[Saved data entries]
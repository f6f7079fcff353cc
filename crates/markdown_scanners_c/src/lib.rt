//! The scanners of `markdown_scanners_tree` and `markdown_inlines`, and the blocks of
//! `markdown_blocks`, as C functions, whose header is `fillaqut.h`.
//!
//! A slice is two parameters in C: a pointer, and then the length in elements. A reference to a
//! struct is a pointer to it; a struct that is answered is returned by value. `alloc: Global` is
//! no parameter in C: what it is asked for comes from the C library's `malloc` and `realloc`.
#![tactic(auto)]

mod block_lines;
mod blocks;
mod delimiter_runs;
mod event_records;
mod extensions;
mod html;
mod html_settings;
mod inline;
mod inlines;
mod keys;
mod known_labels;
mod labels;
mod line_rests;
mod line_runs;
mod line_starts;
mod lines;
mod page_events;
mod page_html;
mod page_lists;
mod pages;
mod reference_definitions;
mod runs;
mod skips;
mod status;
mod tables;
mod texts;
mod version;
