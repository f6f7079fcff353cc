//! Link reference definitions.
ghost use Rattle.std.specs.Prelude.{◌≡◌, ◌≢◌, ◌≤◌, ◌<◌, ◌⊎◌, ◌+◌, length, IfSome};
ghost use Rattle.std.specs.Str.{IsCharBoundary};
ghost use Rattle.markdown_scanners_c.specs.Answers.{none};
ghost use Rattle.markdown_scanners_c.specs.ReferenceDefinitions.{IsNoDefinition, IsReturnedDefinition, IsTitleAt, AreCutFromText};
ghost use Rattle.markdown_scanners_c.specs.Status.{ok, past_end};
ghost use Rattle.markdown_scanners_c.specs.TextPlace.{IsAnswerAt};

use crate::status::{NONE, NOTHING, OK, PAST_END};
use markdown_scanners_tree::scanners::{ReferenceDefinition, scan_reference_definition};
use std::ops::Range;

/// `struct mds_reference_definition` of C: where its parts stand in the bytes, and the offset after
/// it, where the status is `OK`.
#[repr(C)]
pub struct Definition {
    pub status: u32,
    pub end: usize,
    pub label_start: usize,
    pub label_length: usize,
    pub destination_start: usize,
    pub destination_length: usize,
    pub title_start: usize,
    pub title_length: usize,
}

// No definition, but a status.
fn no_definition(status: u32) -> Definition
    ensures { IsNoDefinition status result }
{
    Definition {
        status,
        end: 0,
        label_start: 0,
        label_length: 0,
        destination_start: 0,
        destination_length: 0,
        title_start: 0,
        title_length: 0,
    }
}

/// The link reference definition that begins at the offset. (CommonMark 0.31.2, section 4.7)
#[tactic(auto, unfolding(crate::specs::ReferenceDefinitions::IsReturnedDefinition))]
#[unsafe(no_mangle)]
pub extern "C" fn mds_scan_reference_definition(
    bytes: &[u8],
    start: usize,
    max_next: usize,
) -> Definition
    ensures definition { IsAnswerAt bytes.now start (IsNoDefinition past_end result)
        (IsReturnedDefinition (max_next + 1) bytes.now start result) }
    ensures in_order { (result.status ≡ ok → start < result.label_start)
        × (result.label_start + result.label_length ≤ result.destination_start)
        × (result.destination_start + result.destination_length ≤ result.end)
        × (result.end ≤ length bytes.now) }
    ensures title { ((result.title_start ≡ none) × (result.title_length ≡ 0))
        ⊎ ((result.destination_start + result.destination_length ≤ result.title_start)
        × (result.title_start + result.title_length ≤ result.end)) }
    ensures boundary { AreCutFromText bytes.now start result }
{
    if start > bytes.len() {
        return no_definition(PAST_END);
    }
    let Some(found) = scan_reference_definition(&bytes[start..], max_next) else {
        return no_definition(NOTHING);
    };
    let ReferenceDefinition {
        label,
        destination,
        title,
        len,
    } = found;
    let (title_start, title_length) = title_at(start, &title);
    Definition {
        status: OK,
        end: start + len,
        label_start: start + label.start,
        label_length: label.end - label.start,
        destination_start: start + destination.start,
        destination_length: destination.end - destination.start,
        title_start,
        title_length,
    }
}

// Where a title stands in all bytes, and how many it has; `NONE` and 0 where there is none.
fn title_at(start: usize, title: &Option<Range<usize>>) -> (usize, usize)
    requires { IfSome title.now (λ range. (range.start ≤ range.end)
        × (start + range.end ≤ usize.MAX)) }
    ensures { IsTitleAt start title.now result.0 result.1 }
{
    match title {
        Some(range) => (start + range.start, range.end - range.start),
        None => (NONE, 0),
    }
}
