//! HTML blocks, tags and inline HTML.
ghost use Rattle.std.specs.Prelude.{◌≡◌, ◌≢◌, ◌↔◌, ◌≤◌, ◌<◌, ◌-◌, ◌++◌, [], ◌∷◌, ℕ, List, IsTrue, true, length};
ghost use Rattle.markdown_scanners_tree.specs.Kept.{KeptByte};
ghost use Rattle.markdown_scanners_tree.specs.inline_html.Guard.{IsTrueGuard};
ghost use Rattle.markdown_scanners_tree.specs.inline_html.run.KeptGuard.{first_guard, AreScanPlaces, guard_after_scans};
ghost use Rattle.markdown_scanners_tree.specs.scanners.html_block.HtmlBlock.{IsBlockStart};
ghost use Rattle.markdown_scanners_tree.specs.scanners.html_kinds.HtmlKinds.{IsHtmlBlockStart, condition_number, is_html_end};
ghost use Rattle.markdown_scanners_tree.specs.scanners.html_tag.HtmlTag.{IsTagAloneInLine};
ghost use Rattle.markdown_scanners_tree.specs.scanners.html_tag.KeptTag.{IsKeptTag, offset_after};
ghost use Rattle.markdown_scanners_c.specs.Answers.{FoundExactly, FoundKind, IsWithin};
ghost use Rattle.markdown_scanners_c.specs.Buffer.{IsChangedFront};
ghost use Rattle.markdown_scanners_c.specs.Finds.{IsFindEnd};
ghost use Rattle.markdown_scanners_c.specs.LineStarts.{found_status};
ghost use Rattle.markdown_scanners_c.specs.Guards.{scan_guard, new_guard, IsGuardedEnd, IsTrueEnd, IsScanInTurn};
ghost use Rattle.markdown_scanners_c.specs.Skips.{are_skips};
ghost use Rattle.markdown_scanners_c.specs.Status.{past_end, bad_kind};
ghost use Rattle.markdown_scanners_c.specs.Tags.{IsNoTag, IsTagText, IsScannedTag};
ghost use Rattle.markdown_scanners_c.specs.private.ScanReturned.{scan_returned};
ghost use Rattle.markdown_scanners_c.specs.private.Searched.{returned_skip};

use crate::skips::{Skip, returned_skip};
use crate::status::{BAD_KIND, NO_MEMORY, NO_OPENER, NONE, NOTHING, OK, PAST_END};
use crate::texts::{Text, write_text};
use markdown_scanners_tree::inline_html::{
    CountedText, HtmlScanGuard, HtmlStop, scan_inline_html_counted,
};
use markdown_scanners_tree::scanners::{
    HtmlBlockKind, ends_html_block, scan_html_block_inner, scan_html_block_start, scan_html_type_7,
    starts_html_block_type_6,
};
use std::alloc::Global;

/// Whether the bytes after a `<` begin an HTML block by a name. (CommonMark 0.31.2, section 4.6,
/// start condition 6)
#[unsafe(no_mangle)]
pub extern "C" fn mds_starts_html_block_type_6(bytes: &[u8]) -> bool
    ensures { IsTrue result ↔ IsBlockStart bytes.now }
{
    starts_html_block_type_6(bytes)
}

/// The length of the tag that stands alone in its line, or `NONE`. (CommonMark 0.31.2, section 4.6,
/// start condition 7)
#[unsafe(no_mangle)]
pub extern "C" fn mds_scan_html_type_7(bytes: &[u8]) -> usize
    ensures found { FoundExactly (IsTagAloneInLine bytes.now) result result }
    ensures within { IsWithin bytes.now result }
{
    scan_html_type_7(bytes).unwrap_or(NONE)
}

/// The number of the kind of HTML block that begins at the front, or 0. (CommonMark 0.31.2, section
/// 4.6)
#[unsafe(no_mangle)]
pub extern "C" fn mds_scan_html_block_start(bytes: &[u8]) -> u32
    ensures { FoundKind (IsHtmlBlockStart bytes.now) result }
{
    match scan_html_block_start(bytes) {
        Some(kind) => u32::from(kind.number()),
        None => 0,
    }
}

/// Whether the line at the front ends an HTML block of the kind: `OK` or `NOTHING`, or `BAD_KIND`
/// where the number is of no kind. (CommonMark 0.31.2, section 4.6)
#[unsafe(no_mangle)]
pub extern "C" fn mds_ends_html_block(bytes: &[u8], kind: u32) -> u32
    ensures known { (k : HtmlBlockKind) → condition_number k ≡ kind
        → result ≡ found_status (is_html_end k bytes.now) }
    ensures unknown { ((k : HtmlBlockKind) → condition_number k ≢ kind) → result ≡ bad_kind }
{
    let Ok(number) = u8::try_from(kind) else {
        return BAD_KIND;
    };
    match HtmlBlockKind::from_number(number) {
        Some(kind) if ends_html_block(bytes, kind) => OK,
        Some(_) => NOTHING,
        None => BAD_KIND,
    }
}

/// The length of the tag at the front, in one line, or `NONE`. (CommonMark 0.31.2, section 6.6)
#[unsafe(no_mangle)]
pub extern "C" fn mds_scan_html_tag(alloc: Global, bytes: &[u8]) -> usize
    ensures found { FoundExactly (λ n. (tag : List KeptByte)
        × IsKeptTag (λ rest skip. ⊥) bytes.now tag × (n ≡ offset_after 0 tag)) result result }
    ensures within { IsWithin bytes.now result }
{
    match scan_html_block_inner(alloc, bytes, None::<&fn(&[u8]) -> usize>) {
        Ok(Some((_, length))) => length,
        _ => NONE,
    }
}

/// `struct mds_tag` of C: the offset after a tag, and how many bytes its text has.
#[repr(C)]
pub struct Tag {
    pub status: u32,
    pub end: usize,
    pub length: usize,
}

// No tag, but a status.
fn no_tag(status: u32) -> Tag
    ensures { IsNoTag status result }
{
    Tag {
        status,
        end: 0,
        length: 0,
    }
}

/// The tag at the offset, over lines of which the skips are left out. (CommonMark 0.31.2, section
/// 6.6)
#[unsafe(no_mangle)]
pub extern "C" fn mds_scan_html_tag_over_lines(
    alloc: Global,
    bytes: &[u8],
    start: usize,
    skips: &[Skip],
    buffer: &mut [u8],
) -> Tag
    // With a table of a text that the bytes begin.
    ensures tag { (after : List ℕ) → are_skips skips.now (bytes.now ++ after) ≡ true
        → IsScannedTag skips.now bytes.now start buffer.old buffer.new result }

    // With any table.
    ensures past { (result.status ≡ past_end) ↔ (length bytes.now < start) }
    ensures within { result.end ≤ length bytes.now }
    ensures room { result.length ≤ result.end - start }
    ensures kept { IsChangedFront buffer.old buffer.new result.status result.length }
{
    if start > bytes.len() {
        return no_tag(PAST_END);
    }
    tag_text(alloc, bytes, start, skips, buffer)
}

// The tag at the offset, over lines, and its text in the buffer.
fn tag_text(alloc: Global, bytes: &[u8], start: usize, skips: &[Skip], buffer: &mut [u8]) -> Tag
    requires { start ≤ length bytes.now }
    ensures tag { (after : List ℕ) → are_skips skips.now (bytes.now ++ after) ≡ true
        → IsTagText skips.now bytes.now start buffer.old buffer.new result }
    ensures there { result.status ≢ past_end }
    ensures within { result.end ≤ length bytes.now }
    ensures room { result.length ≤ result.end - start }
    ensures kept { IsChangedFront buffer.old buffer.new result.status result.length }
{
    let handler = |rest: &[u8]| -> usize
        ensures { result ≡ returned_skip skips.entry.now bytes.entry.now rest.now }
    { returned_skip(skips, bytes, rest) };
    match scan_html_block_inner(alloc, &bytes[start..], Some(&handler)) {
        Ok(Some((text, taken))) => {
            let Text {
                status,
                taken,
                length,
            } = write_text(&text, taken, buffer);
            Tag {
                status,
                end: start + taken,
                length,
            }
        }
        Ok(None) => no_tag(NOTHING),
        Err(_) => no_tag(NO_MEMORY),
    }
}

/// `struct mds_html_guard` of C: `HtmlScanGuard`, number by number.
#[repr(C)]
#[derive(Clone, Copy)]
pub struct Guard {
    pub comment: usize,
    pub cdata: usize,
    pub declaration: usize,
    pub processing: usize,
}

impl Guard {
    // The guard of a scan with these numbers.
    fn to_scan(&self) -> HtmlScanGuard
        ensures { result ≡ scan_guard self.now }
    {
        HtmlScanGuard {
            comment: self.comment,
            cdata: self.cdata,
            declaration: self.declaration,
            processing: self.processing,
        }
    }

    // The numbers of the guard that a scan leaves.
    fn of(stops: &HtmlScanGuard) -> Guard
        ensures { scan_guard result ≡ stops.now }
    {
        Guard {
            comment: stops.comment,
            cdata: stops.cdata,
            declaration: stops.declaration,
            processing: stops.processing,
        }
    }
}

/// `struct mds_end` of C: an offset, where the status is `OK`, and how many bytes were passed over.
#[repr(C)]
pub struct End {
    pub status: u32,
    pub end: usize,
    pub passed: usize,
}

/// The end of what a `<!` or `<?` that ends at the offset begins, under a guard, which remembers
/// what it searched in vain. (CommonMark 0.31.2, section 6.6)
#[unsafe(no_mangle)]
pub extern "C" fn mds_scan_inline_html(bytes: &[u8], offset: usize, guard: &mut Guard) -> End
    // Under any guard.
    ensures scan { IsGuardedEnd bytes.now offset guard.old guard.new result }

    // Under a true one, as the first one is.
    ensures finds { IsTrueGuard bytes.now (scan_guard guard.old) offset
        → IsTrueEnd bytes.now offset guard.new result }
    ensures first { guard.old ≡ new_guard → IsTrueEnd bytes.now offset guard.new result }

    // At rising offsets outside earlier finds.
    ensures in_turn { (earlier : List ℕ) → AreScanPlaces bytes.now (earlier ++ offset ∷ [])
        → scan_guard guard.old ≡ guard_after_scans bytes.now first_guard earlier
        → IsScanInTurn bytes.now earlier offset guard.new result }
{
    let mut text = CountedText::new(bytes);
    let mut stops = guard.to_scan();
    let found = scan_inline_html_counted(&mut text, offset, &mut stops);
    *guard = Guard::of(&stops);
    end_returned(&found, text.passed() as usize)
}

// The answer of a scan that passed over so many bytes, as C has it.
fn end_returned(found: &Result<Option<usize>, HtmlStop>, passed: usize) -> End
    ensures { result ≡ scan_returned found.now passed }
{
    let (status, end) = match found {
        Ok(Some(end)) => (OK, *end),
        Ok(None) => (NOTHING, 0),
        Err(_) => (NO_OPENER, 0),
    };
    End {
        status,
        end,
        passed,
    }
}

Problem requirements
What is asked for is an exact copy of the lines above from the one containing "mod block_lines;" through the one containing "mod page_events;", and only those.

Answer space
mod block_lines;
mod blocks;
mod delimiter_runs;
mod event_records;
mod extensions;
mod html;
mod html_settings;
mod inline;
mod inlines;
mod keys;
mod known_labels;
mod labels;
mod line_rests;
mod line_runs;
mod line_starts;
mod lines;
mod page_events;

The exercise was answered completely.